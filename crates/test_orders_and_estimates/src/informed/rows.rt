//! Rows: a search over a list of edges, and what it has to answer, with ample memory and with each
//! growth refused in turn.

use crate::informed::listed::{Call, Edge, ONE_PATH, Task, all_cost, searched};
use crate::informed::seen::{Answer, Lists};
use pf_base::PathError;
use std::alloc::{AllocError, Global};
use std::process::Abort;
use test_allocator::Refusing;

/// A search, what its paths cost, where there are any, and all cheapest paths.
type Row<'a> = (Task<'a>, Option<u8>, Lists<'a>);

/// Edges, from where to which of two goals a path is searched, what it costs, and all cheapest paths,
/// searched without estimates.
type Plain<'a> = (&'a [Edge], usize, (usize, usize), Option<u8>, Lists<'a>);

/// Ways from 0 to 3 over 1 and over 2, of which the estimate at 2 hides the cheaper one.
const HIDDEN: &[Edge] = &[(0, 1, 3), (0, 2, 1), (2, 1, 1), (1, 3, 10)];

/// Two ways round a cycle that costs nothing, 1 and 2, from 0 to 3.
const FREE_CYCLE: &[Edge] = &[
    (0, 1, 0),
    (0, 2, 0),
    (1, 2, 0),
    (1, 3, 0),
    (2, 1, 0),
    (2, 3, 0),
];

/// The rows with estimates.
static ROWS: [Row<'static>; 3] = [
    // Five nodes, of which the nearest to 0 is on a dearer way to 3.
    (
        Task {
            edges: &[
                (0, 1, 4),
                (0, 4, 2),
                (1, 4, 1),
                (1, 2, 5),
                (4, 2, 8),
                (4, 3, 10),
                (2, 3, 2),
            ],
            from: 0,
            goals: (3, 3),
            estimates: &[1, 1, 1, 0, 1],
            bounds: &[11, 7, 2, 0, 10],
        },
        Some(11),
        &[&[0, 1, 2, 3]],
    ),
    (
        Task {
            edges: HIDDEN,
            from: 0,
            goals: (3, 3),
            estimates: &[0, 0, 11, 0],
            bounds: &[12, 10, 11, 0],
        },
        Some(12),
        &[&[0, 2, 1, 3]],
    ),
    // The greatest cost that fits.
    (
        Task {
            edges: &[(0, 1, 250), (1, 2, 5)],
            from: 0,
            goals: (2, 2),
            estimates: &[0, 5, 0],
            bounds: &[255, 5, 0],
        },
        Some(255),
        &[&[0, 1, 2]],
    ),
];

/// The rows without estimates.
static PLAIN_ROWS: [Plain<'static>; 7] = [
    (
        &[
            (1, 2, 1),
            (1, 3, 1),
            (2, 4, 3),
            (2, 5, 1),
            (3, 4, 3),
            (3, 5, 1),
            (5, 6, 1),
            (6, 7, 1),
        ],
        1,
        (4, 7),
        Some(4),
        &[&[1, 2, 4], &[1, 2, 5, 6, 7], &[1, 3, 4], &[1, 3, 5, 6, 7]],
    ),
    (
        &[(0, 1, 0), (0, 2, 1), (1, 0, 0), (1, 2, 1)],
        0,
        (2, 2),
        Some(1),
        &[&[0, 1, 2], &[0, 2]],
    ),
    (
        FREE_CYCLE,
        0,
        (3, 3),
        Some(0),
        &[&[0, 1, 2, 3], &[0, 1, 3], &[0, 2, 1, 3], &[0, 2, 3]],
    ),
    (
        &[(0, 1, 1), (0, 2, 1), (1, 2, 0)],
        0,
        (1, 2),
        Some(1),
        &[&[0, 1], &[0, 2]],
    ),
    (
        &[(0, 0, 0), (0, 1, 0), (1, 0, 0)],
        0,
        (0, 0),
        Some(0),
        &[&[0]],
    ),
    (
        &[(0, 1, 5), (0, 1, 2), (0, 1, 2), (1, 2, 3)],
        0,
        (2, 2),
        Some(5),
        &[&[0, 1, 2]],
    ),
    (FREE_CYCLE, 3, (0, 0), None, &[]),
];

/// A row without estimates as one with estimates of 0.
fn row_of<'a>(plain: &Plain<'a>) -> Row<'a> {
    let (edges, from, goals, cost, paths) = *plain;
    let task = Task {
        edges,
        from,
        goals,
        estimates: &[],
        bounds: &[],
    };
    (task, cost, paths)
}

/// Whether an answer is what the row says of this call.
fn is_right(answer: Answer, call: Call, row: &Row<'_>) -> bool {
    let count = match call {
        Call::Gathered | Call::Steps => row.2.len(),
        _ => 1,
    };
    match (answer, row.1) {
        (Ok(Some(seen)), Some(cost)) => seen == (cost, count, true),
        (Ok(None), None) => true,
        _ => false,
    }
}

/// How many growths a call makes, and in how many runs with one of these refused alone it goes on, if
/// each such run answers out of memory, or what the row says where a refused step can be made again.
fn growths_of(ample: Global, call: Call, row: &Row<'_>) -> Option<(u64, u64)> {
    let mut resumed = 0u64;
    for growth in 0..1_000u64 {
        let heap = Refusing::new(ample);
        heap.refuse(growth, 1);
        let answer = searched(&heap, ample, call, &row.0, row.2)?;
        let is_right = is_right(answer, call, row);
        if heap.pending() > 0 {
            return if is_right {
                Some((growth, resumed))
            } else {
                None
            };
        }
        if matches!(call, Call::Steps) && is_right {
            resumed = resumed.saturating_add(1);
        } else if answer != Err(PathError::OutOfMemory) {
            return None;
        }
    }
    None
}

/// The number of the first call that does not refuse each growth of a row or does not answer what the
/// row says, of the calls that answer all paths too where they are asked for.
fn first_fault(ample: Global, row: &Row<'_>) -> Option<Call> {
    for call in &CALLS {
        if growths_of(ample, *call, row).is_none() {
            return Some(*call);
        }
    }
    None
}

/// Each of the calls.
static CALLS: [Call; 5] = [
    Call::Astar,
    Call::Fringe,
    Call::Idastar,
    Call::Gathered,
    Call::Steps,
];

#[test]
fn rows_with_estimates_refuse_each_growth(rt: HostRuntime) {
    for (number, row) in ROWS.iter().enumerate() {
        let fault = first_fault(rt.alloc(), row);
        assert!(rt; fault.is_none(), "row {number}: {fault:?}");
    }
}

#[test]
fn rows_without_estimates_refuse_each_growth(rt: HostRuntime) {
    for (number, plain) in PLAIN_ROWS.iter().enumerate() {
        let fault = first_fault(rt.alloc(), &row_of(plain));
        assert!(rt; fault.is_none(), "row {number}: {fault:?}");
    }
}

/// How often the calls are refused, and how often the steps of a walk.
#[test]
fn each_call_makes_growths(rt: HostRuntime) {
    let row = &ROWS[1];
    for call in &ONE_PATH {
        let made = growths_of(rt.alloc(), *call, row);
        assert!(rt; matches!(made, Some((9.., _))), "{call:?}: {made:?}");
    }
    let row = row_of(&PLAIN_ROWS[2]);
    let made = growths_of(rt.alloc(), Call::Gathered, &row);
    assert!(rt; matches!(made, Some((21.., _))), "{made:?}");
    let made = growths_of(rt.alloc(), Call::Steps, &row);
    assert!(rt; matches!(made, Some((15.., 5..))), "{made:?}");
}

/// A cost past the range on the only way to the goal is told, and a sum with an estimate past it where
/// there is no way is not.
#[test]
fn costs_past_the_range(rt: HostRuntime) {
    let heap = Refusing::new(rt.alloc());
    let dear = Task {
        edges: &[(0, 1, 250), (1, 2, 6)],
        from: 0,
        goals: (2, 2),
        estimates: &[],
        bounds: &[],
    };
    for call in &CALLS {
        let answer = searched(&heap, rt.alloc(), *call, &dear, &[]);
        assert!(rt; answer == Some(Err(PathError::CostOverflow)), "{call:?}");
    }
    let hopeless = Task {
        edges: &[(0, 1, 250), (0, 1, 1)],
        from: 0,
        goals: (2, 2),
        estimates: &[11, 10, 0],
        bounds: &[11, 10, 0],
    };
    let answer = searched(&heap, rt.alloc(), Call::Idastar, &hopeless, &[]);
    assert!(rt; answer == Some(Ok(None)));
}

/// From 0 to 30, from each number to the next one, and from one that is not 2 more than a multiple of 3
/// to the one after that, each at the cost 1.
fn rungs(ample: Global) -> Result<Vec<Edge>, AllocError> {
    let mut edges = Vec::new(ample);
    for node in 0..30usize {
        edges.push((node, node + 1, 1))?;
        if node % 3 != 2 {
            edges.push((node, node + 2, 1))?;
        }
    }
    Ok(edges)
}

#[test]
fn a_thousand_paths_are_different(rt: HostRuntime) {
    let edges = rungs(rt.alloc()).expect(&rt, "memory for the edges");
    let mut halves = [0u8; 31];
    for node in 0..31u8 {
        halves[usize::from(node)] = (30 - node) / 2;
    }
    let heap = Refusing::new(rt.alloc());
    let task = Task {
        edges: &edges,
        from: 0,
        goals: (30, 30),
        estimates: &halves,
        bounds: &halves,
    };
    let answer = searched(&heap, rt.alloc(), Call::Gathered, &task, &[]);
    assert!(rt; answer == Some(Ok(Some((20, 1024, true)))));
}

/// The moves of a knight between the 64 fields of a board, each at the cost 1.
fn knight_moves(ample: Global) -> Result<Vec<Edge>, AllocError> {
    let mut moves = Vec::new(ample);
    for from in 0..64usize {
        for to in 0..64usize {
            let steps = ((from / 8).abs_diff(to / 8), (from % 8).abs_diff(to % 8));
            if matches!(steps, (1, 2) | (2, 1)) {
                moves.push((from, to, 1))?;
            }
        }
    }
    Ok(moves)
}

/// From the field in row 1 and column 1 to that in row 4 and column 6.
#[test]
fn a_knight_needs_four_moves(rt: HostRuntime) {
    let moves = knight_moves(rt.alloc()).expect(&rt, "memory for the moves");
    let mut estimates = [0u8; 64];
    for field in 0..64u8 {
        let steps = (field / 8)
            .abs_diff(4)
            .saturating_add((field % 8).abs_diff(6));
        estimates[usize::from(field)] = steps / 3;
    }
    let heap = Refusing::new(rt.alloc());
    let task = Task {
        edges: &moves,
        from: 9,
        goals: (38, 38),
        estimates: &estimates,
        bounds: &estimates,
    };
    assert!(rt; moves.len() == 336 && all_cost(&heap, rt.alloc(), &task, Some(4)));
}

=====

WHAT IS NEEDED
Word for word, repeat the line holding "for node in 0..31u8" and all lines after it through the end of the entries above.

RESULT OF THIS TASK
    for node in 0..31u8 {
        halves[usize::from(node)] = (30 - node) / 2;
    }
    let heap = Refusing::new(rt.alloc());
    let task = Task {
        edges: &edges,
        from: 0,
        goals: (30, 30),
        estimates: &halves,
        bounds: &halves,
    };
    let answer = searched(&heap, rt.alloc(), Call::Gathered, &task, &[]);
    assert!(rt; answer == Some(Ok(Some((20, 1024, true)))));
}

/// The moves of a knight between the 64 fields of a board, each at the cost 1.
fn knight_moves(ample: Global) -> Result<Vec<Edge>, AllocError> {
    let mut moves = Vec::new(ample);
    for from in 0..64usize {
        for to in 0..64usize {
            let steps = ((from / 8).abs_diff(to / 8), (from % 8).abs_diff(to % 8));
            if matches!(steps, (1, 2) | (2, 1)) {
                moves.push((from, to, 1))?;
            }
        }
    }
    Ok(moves)
}

/// From the field in row 1 and column 1 to that in row 4 and column 6.
#[test]
fn a_knight_needs_four_moves(rt: HostRuntime) {
    let moves = knight_moves(rt.alloc()).expect(&rt, "memory for the moves");
    let mut estimates = [0u8; 64];
    for field in 0..64u8 {
        let steps = (field / 8)
            .abs_diff(4)
            .saturating_add((field % 8).abs_diff(6));
        estimates[usize::from(field)] = steps / 3;
    }
    let heap = Refusing::new(rt.alloc());
    let task = Task {
        edges: &moves,
        from: 9,
        goals: (38, 38),
        estimates: &estimates,
        bounds: &estimates,
    };
    assert!(rt; moves.len() == 336 && all_cost(&heap, rt.alloc(), &task, Some(4)));
}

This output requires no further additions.